Zoological Case Studies in Digital Curation – DCC SCARP / ImageStore

by Alistair Miles

I’ve started work on a project investigating current practices in digital curation across a variety of scientific displines. The project is called SCARP, and falls within the remit of the UK’s Digital Curation Centre (DCC).

I’m working on a sub-project within SCARP called ImageStore, which has identified four case studies involving the curation of images, video and associated (meta)data used as primary objects within the scholarly work flow. It is entirely by coincidence that three of these case studies involve research groups at the Zoology Department at Oxford University, where I am now spending two days a week embedded in the Image Bioinformatics Research Group, and that my bachelors degree was in Zoology (at Cambridge) – it must be destiny 🙂

The ImageStore case studies are interesting – one involves videos of badgers and other species used as part of wildlife conservation studies, another involves video of tool-making behaviour in crows (you wouldn’t believe what these crows can do), another involves images of in-situ gene expression in Drosophila (fruit fly) testes, and another involves electron micrographs and tomographs (3D pictures) of Trypanosomes (they cause sleeping sickness).

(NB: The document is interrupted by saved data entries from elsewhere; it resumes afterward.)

//! The decision lines of a folder.
use line_stream::{Lines, LinesFault};
use pcap::stream::Input;
use program_files::{Failure, OutputFile, PartFile, WorkedFailure, open_part_file};
use report_counts::{ReportCounts, ReportLine, read_line};
use std::io::Read;
use std::rt::Files;

/// The lines of a folder, one after another.
#[derive(Drop)]
struct DecisionLines<'a, F: Read + Drop> {
    folder: &'a str,
    lines: Lines<PartFile<F>>,
    /// The number of the line that was read last.
    number: u64,
}

impl<'a, F: Read + Drop> DecisionLines<'a, F> {
    /// The next line, and what it tells; nothing at the end.
    fn next(&mut self) -> Result<Option<ReportLine<'_>>, Failure<'a>> {
        self.number = self.number.saturating_add(1);
        let fault = WorkedFailure::Line(OutputFile::Decisions, self.number);
        match self.lines.fetch() {
            Ok(()) => {}
            Err(LinesFault::Read) => return Err(Failure::Read(self.folder)),
            Err(LinesFault::TooLong) => return Err(Failure::Worked(self.folder, fault)),
        }
        let line = self.lines.line();
        if line.is_empty() {
            return Ok(None);
        }
        let Some(line) = line.strip_suffix(b"\n") else {
            return Err(Failure::Worked(self.folder, fault));
        };
        match read_line(line) {
            Ok(told) => Ok(Some(told)),
            Err(_) => Err(Failure::Worked(self.folder, fault)),
        }
    }
}

/// Opens the lines of a folder. Nothing of them is read yet.
fn open_lines<'a, R: Files + AllocGlobal>(
    rt: &R,
    folder: &'a str,
) -> Result<DecisionLines<'a, R::File>, Failure<'a>> {
    let input = match open_part_file(rt, folder, OutputFile::Decisions) {
        Ok(input) => input,
        Err(failure) => return Err(failure),
    };
    let lines = Lines::new(rt.alloc(), input)?;
    Ok(DecisionLines {
        folder,
        lines,
        number: 0,
    })
}

/// The moments of the first event and of the last, in nanoseconds; 0 where there is none.
pub(crate) fn moments_of<'a, R: Files + AllocGlobal>(
    rt: &R,
    folder: &'a str,
) -> Result<(u64, u64), Failure<'a>> {
    let mut lines = open_lines(rt, folder)?;
    let mut moments = None;
    for _ in 0..u64::MAX {
        match lines.next()? {
            None => break,
            Some(ReportLine::Event(event)) => {
                moments = match moments {
                    None => Some((event.moment, event.moment)),
                    Some((first, _)) => Some((first, event.moment)),
                };
            }
            Some(ReportLine::Cut { .. }) => {}
        }
    }
    Ok(moments.unwrap_or((0, 0)))
}

/// Counts all lines.
pub(crate) fn count_lines<'a, R: Files + AllocGlobal>(
    rt: &R,
    folder: &'a str,
    counts: &mut ReportCounts,
) -> Result<(), Failure<'a>> {
    let mut lines = open_lines(rt, folder)?;
    for _ in 0..u64::MAX {
        match lines.next()? {
            None => break,
            Some(line) => counts.count(&line),
        }
    }
    Ok(())
}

We’ve started to figure out how we want to approach each case study, which is partly written up in the ImageStore Project Plan. I’ve also given a couple of presentations on the project so far, such as this presentation to the Defining Image Access project final meeting.

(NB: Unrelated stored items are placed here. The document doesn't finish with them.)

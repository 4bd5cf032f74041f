//! Laws of the definitions, as contracts of functions that do nothing.
ghost use Rattle.wire.specs.VxlanReading.{PacketWhereNothingHolds, PacketNowhereElse, PacketSent};

/// A text is a VXLAN packet exactly where none of the faults holds, and in one way alone: with the identifier and the
/// payload that stand at their places. A header that is sent, with any text behind it, is one.
pub fn one_reading()
    ensures found { PacketWhereNothingHolds }
    ensures only { PacketNowhereElse }
    ensures sent { PacketSent }
{}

The big question for me remains, do we want to focus on methods for post hoc preservation of the images, video and associated data we’ve found in each case study, or do we want to focus on strategies for quietly integrating curation support into the scientific work flow so that future curation activities are much easier and cheaper?

If we focus on post hoc preservation, we will provide a plan and feasibility assessment for a project to preserve specific collections of digital artefacts, which could be used to seek funding for specific preservation activities, and as an example for others seeking to do the same. This is of course a valuable excercise, because there are vast amounts of scientific data which are of potential value and worthy of preservation, and which are currently under very dubious (often non-existent) curation regimes (and therefore virtually impossible to re-use and at high risk of deterioration or loss).

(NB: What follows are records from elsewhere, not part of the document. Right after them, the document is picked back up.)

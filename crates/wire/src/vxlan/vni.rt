//! The numbers of virtual networks.
ghost use Rattle.std.specs.Prelude.{◌≡◌};
ghost use Rattle.std.specs.Option.{SomeIff};
ghost use Rattle.wire.specs.Octets.{number, octets};
ghost use Rattle.wire.specs.Vxlan.{IsVni};

use byteorder::{BigEndian, ByteOrder};
use std::marker::Model;

/// A network identifier of 24 bits (RFC 7348, 5; RFC 8926, 3.4), seen by contracts as the number.
#[derive(Clone, Copy, Debug, PartialEq, Eq)]
pub struct Vni {
    number: u32,
}

impl Model for Vni {
    ghost use Rattle.std.specs.Prelude.{ℕ};
    ghost use Rattle.wire.specs.Vxlan.{IsVni};

    ghost Value = { ℕ };

    ghost view = { λ v. v.number };

    ghost invariant = { λ v. IsVni v.number };

    ghost inverse = { λ n. record { number = n } };
}

impl Vni {
    /// The identifier of this number; None above 16,777,215.
    pub fn new(number: u32) -> Option<Vni>
        ensures { SomeIff result (IsVni number) number }
    {
        if number < 1 << 24 {
            Some(Vni { number })
        } else {
            None
        }
    }

    /// The identifier that three octets spell, the high one first.
    pub fn from_octets(octets: [u8; 3]) -> Vni
        ensures { result ≡ number octets }
    {
        Vni {
            number: BigEndian::read_u24(&octets),
        }
    }

    /// Its three octets, the high one first.
    pub fn octets(self) -> [u8; 3]
        ensures value { result ≡ octets 3 self }
        ensures in_range { IsVni self }
    {
        let mut octets = [0; 3];
        BigEndian::write_u24(&mut octets, self.number);
        octets
    }

    /// The number, 0 to 16,777,215.
    pub fn get(self) -> u32
        ensures value { result ≡ self }
        ensures in_range { IsVni result }
    {
        self.number
    }
}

However, post hoc preservation is likely to be expensive and time consuming, and we can only realistically hope to preserve a fraction of the current body of scientific assets in this way. Moreover, there is only a limited precedent for seeking funding for these types of activity.

If we focus instead on defining strategies for quietly integrating curation support into the scientific work flow, we may hope to make a far greater proportion of the digital assets being created today available into the future. We’ve tentatively dubbed this approach “sheer curation” – “sheer” as in lightweight and virtually transparent. The key hypothesis is that good data and digital asset management at local levels is also good practice in preparing for publication and/or preservation of data and other digital assets. If this is true, it may be possible to provide tools and recommendations of good practice that add immediate value to scientists in their everyday scholarly work, and which provide at least a significant step along a sequence of curation activities. The additional effort required to preserve these assets for the long term is then significantly reduced, and can be undertaken at departmental and institutional levels, without interfering with the scientists’ schedule.

The basic constraint is that most scientists only have time for their immediate, short-term research programme, and are not able (despite the best of philanthropic intentions) to spend any effort on preserving their assets for others.